Acute infection induces demand-adapted hematopoiesis, characterized by increased hematopoietic stem cell and progenitor cell (HSC and HSPC) proliferation, to support production and mobilization of immune cells or platelets [1–5]. Infection induced ‘emergency myelopoieisis’ results in increased production of effector myeloid cells that promote bacterial clearance [3, 6]. However, excessive proliferation of HSCs and HSPCs can lead to functional impairment and induce hematopoietic suppression [7–10],[11], though the precise mechanisms driving HSC/HSPC impairment have only recently been investigated [3, 12–15]. The Ehrlichiae are emerging tick-borne pathogens that cause an acute, febrile disease called human monocytic ehrlichiosis (HME) [16]. Ehrlichia are obligate, intracellular alpha-proteobacteria of the Anaplasmataceae family, and contain gram-negative cell wall structures but lack the genes that encode lipopolysaccharide and peptidoglycan [17, 18]. HME disease severity can vary greatly, and in some cases life-threatening complications include multi-organ failure similar to septic shock syndrome [19]. Ixodes ovatus ehrlichia (IOE) is a highly virulent strain that causes shock-like illness in mice [20, 21], and is therefore an ideal model to study fatal HME [22]. Vector borne diseases are increasing, and current vaccines are lacking [23], therefore, acute and chronic sequelae induced by tick-borne infections are clinically significant and represent a growing health care concern. HSCs are essential for lifelong hematopoiesis and supply all cells necessary for hemostasis, immunity, and oxygenation, thus delineating the mechanisms that impact HSC function during acute infection is important for our full understanding of infection-induced pathology.

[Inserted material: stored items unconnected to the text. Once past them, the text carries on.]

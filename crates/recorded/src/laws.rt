//! What holds of every outside whose recording goes first, at each moment, in words of its own: laws on the acts that a program did to it and on those
//! that were done inside.

ghost use Rattle.std.specs.Prelude.{◌≡◌, ℕ, Bool, false, List, ◌∷◌, ◌++◌, IsTrue, IsFalse};
ghost use Rattle.std.specs.List.{list_any};
ghost use Rattle.outside.specs.Acts.{Act, Wrote, is_sink_fault};
ghost use Rattle.outside.specs.Ties.{IsLeft, PutsInSink};
ghost use Rattle.recorded.specs.Recordings.{is_outward, is_untold, octets_written_in, octets_offered_in, inward_acts, IsBehindItsLines, IsDoneInside, IsBeginningOf, IsStill};

use crate::recorded::Recorded;
use outside::Outside;

/// What goes to a peer goes behind all that the program had written before it did that, and the sink inside has just these octets then.
pub fn goes_behind_its_lines<O: Outside + Drop>(_recorded: &Recorded<O>)
    ensures { (done rest : List Act) (act : Act) → (O.told _recorded.now.outside).acts ≡ done ++ act ∷ rest → IsTrue (is_outward act)
        → IsBehindItsLines done act _recorded.now.history.acts }
{}

/// So where a program writes the line of each thing before it does that, the line stands in what was written inside when it goes: `tells` says whether
/// octets tell of an act. It doesn't matter which write of the recording fails, or whether one does.
pub fn goes_behind_what_tells_of_it<O: Outside + Drop>(_recorded: &Recorded<O>)
    ensures { (tells : List ℕ → Act → Bool)
        → ((before behind : List Act) (act : Act) → _recorded.now.history.acts ≡ before ++ act ∷ behind → IsTrue (is_outward act) → IsTrue (tells (octets_written_in before) act))
        → (done rest : List Act) (act : Act) → (O.told _recorded.now.outside).acts ≡ done ++ act ∷ rest → IsTrue (is_outward act) → IsTrue (tells (octets_written_in done) act) }
{}

/// Behind a write that failed nothing goes, nothing is waited for and nothing is written.
pub fn is_still_behind_a_fault<O: Outside + Drop>(_recorded: &Recorded<O>)
    ensures { (done rest : List Act) (piece : List ℕ) → (O.told _recorded.now.outside).acts ≡ done ++ Wrote piece false ∷ rest → IsStill rest }
{}

/// What the program was told that it went, went.
pub fn does_what_it_tells<O: Outside + Drop>(_recorded: &Recorded<O>)
    ensures { (before behind : List Act) (act : Act) → _recorded.now.history.acts ≡ before ++ act ∷ behind → IsTrue (is_outward act) → IsFalse (is_untold act)
        → IsDoneInside before act (O.told _recorded.now.outside).acts }
{}

/// What comes in is what came in inside.
pub fn tells_what_comes<O: Outside + Drop>(_recorded: &Recorded<O>)
    ensures { inward_acts (O.told _recorded.now.outside).acts ≡ inward_acts _recorded.now.history.acts }
{}

/// What the sink inside was given is a beginning of what the program was to write.
pub fn holds_a_beginning<O: Outside + Drop>(_recorded: &Recorded<O>)
    ensures { (octets : List ℕ) → IsLeft PutsInSink (O.told _recorded.now.outside).acts octets → IsBeginningOf octets (octets_offered_in _recorded.now.history.acts) }
{}

/// Acts of which no write failed leave in a sink just what they wrote.
pub fn leaves_what_was_written()
    ensures { (acts : List Act) (octets : List ℕ) → IsFalse (list_any is_sink_fault acts) → IsLeft PutsInSink acts octets → octets ≡ octets_written_in acts }
{}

Demand-adapted hematopoiesis is a dynamic process sculpted by cytokines, and can vary depending upon the duration and magnitude of stimulation and the presence of secondary stimuli [1, 4, 58]. IOE infection causes lethal, shock-like disease accompanied by cytopenias and immune dysfunction, similar to what is observed in patients with Rocky Mountain spotted fever and severe hemorrhagic viral infections. IOE is unusual for the ehrlichia because it infects endothelial cells [59], and it elicits shock-like infection driven by TNFα and type I IFNs [20, 28, 29]. We previously found that blocking type I IFN signaling in both the hematopoietic and non-hematopoietic system is necessary for protection against lethal infection [29], and herein we demonstrate a profound impact of type I IFNs on hematopoiesis and HSC and HSPC function. Hematopoiesis produces mature immune cells that can impact immunity and host defense [3, 60], thus the impact of infection and type I IFNs on HSPCs is directly relevant to recovery and survival in patients.